What is being asked:
Gather all lines in the entries that include the word "HaveSeated".

Dataset excerpts:
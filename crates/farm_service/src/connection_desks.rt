//! The desks of a service's connections.
ghost use Rattle.std.specs.Prelude.{◌≡◌, length, All, IfOk, OnOk};
ghost use Rattle.farm_core.specs.Tills.{AreSeated};
ghost use Rattle.farm_session.specs.TillDesk.{AreNew, HaveSeated};

use farm_session::{TillDesk, till_desks};
use quanta_till::{Desk, Till};
use std::alloc::{AllocError, Global};

pub(crate) fn connection_desks<'a>(
    alloc: Global,
    tills: &'a [Till],
    desks: &mut [Desk],
    count: u64,
) -> Result<Vec<Vec<TillDesk<'a>>>, AllocError>
    requires seated { AreSeated tills.now desks.old }
    ensures seated { AreSeated tills.entry.now desks.new }
    ensures new { IfOk result (λ connection_desks. All (λ own. AreNew tills.entry.now desks.old own.items) connection_desks.items) }
    ensures count { IfOk result (λ connection_desks. length connection_desks.items ≡ count) }
    ensures each { OnOk result (HaveSeated count desks.old desks.new) }
{
    let mut connection_desks = Vec::new(alloc);
    for _ in 0..count {
        connection_desks.push(till_desks(alloc, tills, desks)?)?;
    }
    Ok(connection_desks)
}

Answer to the exercise:
ghost use Rattle.farm_session.specs.TillDesk.{AreNew, HaveSeated};
    ensures each { OnOk result (HaveSeated count desks.old desks.new) }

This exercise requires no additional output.